Beyond the NIE, there is now not only the Iranian refusal to negotiate seriously, but the U.S. Director of National Intelligence’s judgment that crucial NIE conclusions were erroneous; statements by the International Atomic Energy Agency (often hostile to the U.S.) that are even less sanguine than the NIE; and, a continuing belligerence of tone and rejection of Security Council disapprobation, and international norms and treaty obligations.
The New York Times and the rest of the left have decided that the solution is negotiations – as if that were a satisfactory end in and of itself, as opposed to merely a means to the end of derailing Iranian efforts.
One might question the need for negotiations if the Times’ take on the NIE were correct. But we get no explanation from the Gray Lady, and despite its usual omniscience, it primly and disingenuously quotes both the claims of those who are convinced of the Iranians’ ill intentions and Iranian government denials.
Conveniently for Iranian hardliners, negotiations have dragged on for years and, as a result of sanctions, the Iranians have already willingly given up more in value than the West can yet further withhold; and more than President-elect Obama proposes as carrots and sticks to encourage Iranian compliance — but all in any case nearly meaningless. There is little or no chance that Russia or China will abandon their friend, and even vaunted banking sanctions will take years to bite and may yet be sloughed off by a very tough regime.
As perhaps a definitive word on Iranian intentions and as a suggestion of the dangerous folie de grandeur that marks this particular gang of tyrants, Iranian Foreign Minister Manouchehr Mottaki has recently offered an arrogant and provocative fillip that Iran would continue to enrich uranium even if it were supplied with nuclear fuel for energy generation.
So much for a peaceful rationale for uranium enrichment. People of good will and clarity of thought can only conclude that the Iranians are seeking nuclear weapons. Equally important – and the reason that the Mullahs will be responsible for any war – is that the Iranians know this and yet continue on their dangerous path.

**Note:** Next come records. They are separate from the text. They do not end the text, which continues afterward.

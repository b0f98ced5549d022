ghost use Rattle.std.specs.Prelude.{◌≡◌, ◌≤◌, ◌+◌, ◌-◌, [], OnOk, length};
ghost use Rattle.row_versions.specs.History.{rows_of};

use crate::shown_versions::shown_versions;
use crate::taking::{reach, take_all};
use crate::tally::Tally;
use doc_values::AttrId;
use layout_store::Layout;
use std::alloc::{AllocError, Global};
use std::marker::Model;

/// What is counted of the documents of some rows. Its memory grows with the different values of the attributes, and with
/// nothing else but the attributes themselves.
#[derive(Drop)]
pub struct Survey {
    rows: u32,
    documents: u32,
    tallies: Vec<Tally>,
}

impl Model for Survey {
    ghost use Rattle.std.specs.Prelude.{◌≤◌, All, length};
    ghost use Rattle.attr_catalog.specs.Catalog.{most_attributes};
    ghost use Rattle.schema_analyser.specs.Survey.{Surveyed};

    ghost Value = { Surveyed };

    ghost view = { λ s. record { rows = s.rows; documents = s.documents; tallies = s.tallies.items } };

    ghost invariant = { λ s. (s.documents ≤ s.rows) × (length s.tallies.items ≤ most_attributes) × All (λ t. t.count ≤ s.documents) s.tallies.items };
}

impl Survey {
    ghost use Rattle.schema_analyser.specs.Different.{many};
    ghost use Rattle.schema_analyser.specs.Survey.{Surveyed, HasTaken, tally_of};

    pub fn new(alloc: Global) -> Survey
        ensures exact { result ≡ record { rows = 0; documents = 0; tallies = [] } }
    {
        Survey {
            rows: 0,
            documents: 0,
            tallies: Vec::new(alloc),
        }
    }

    /// Takes the documents that the rows from number `from` to the one before `to` show after `now` commits. After want of
    /// memory the survey is spent: it may have taken some of them.
    pub fn take(&mut self, layout: &Layout, now: u64, from: u32, to: u32) -> Result<(), AllocError>
        requires now { layout.now.history.horizon ≤ now }
        requires order { from ≤ to }
        requires within { to ≤ rows_of layout.now.history.versions }
        requires room { self.old.rows + (to - from) ≤ 4294967295 }
        ensures ok { OnOk result (HasTaken layout.now now from to self.old self.new) }
        ensures rows { self.new.rows ≡ self.old.rows + (to - from) }
    {
        self.rows += to - from;
        let alloc = *self.tallies.allocator();
        layout.catalog().keeps_the_rules();
        let versions = shown_versions(alloc, layout, now, from, to)?;
        reach(alloc, &mut self.tallies, layout.catalog().len() as usize)?;
        self.documents += versions.len() as u32;
        take_all(alloc, layout, &versions, &mut self.tallies)
    }

    /// How many of the documents taken hold an attribute, and how many different values they have of it.
    pub fn tally(&self, id: AttrId) -> (u32, u32)
        ensures exact { result ≡ ((tally_of id.0 self.now.tallies).count, many (tally_of id.0 self.now.tallies).values) }
    {
        match self.tallies.get(id.0 as usize) {
            Some(tally) => (tally.count(), tally.distinct()),
            None => (0, 0),
        }
    }

    /// How many attributes were met: those with a number below that.
    pub(crate) fn len(&self) -> u32
        ensures exact { result ≡ length self.now.tallies }
    {
        self.tallies.len() as u32
    }

    pub(crate) fn allocator(&self) -> Global {
        *self.tallies.allocator()
    }

    /// How many documents were taken.
    pub(crate) fn documents(&self) -> u32
        ensures exact { result ≡ self.now.documents }
    {
        self.documents
    }
}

International law, not surprisingly, doesn’t address this novel situation. But in many ways the imminent threat is akin to a military mobilization of the 19th or 20th centuries. In and of itself only a preparation for war, mobilization was nevertheless considered an act of war, as failure to respond quickly — and if necessary, violently — would result in an overwhelming advantage to the enemy.
However, even when dealing with a threat of low probability but devastating impact, one is obligated to err on the side of safety. With Iran, the threat of at least nuclear blackmail is serious; the threat that they will use them significant; the impact of both potentially shattering.
As de facto guarantor of Israel and other allies in the Middle East, not to mention our own security, the U.S. cannot allow the gangsters in Teheran to obtain a nuclear arsenal. It is no time to go wobbly. The onus for war and all its misery has now shifted to the Iranians. If they refuse our demands to halt their nuclear weapons program, we have the moral, political and legal right to force them to do so.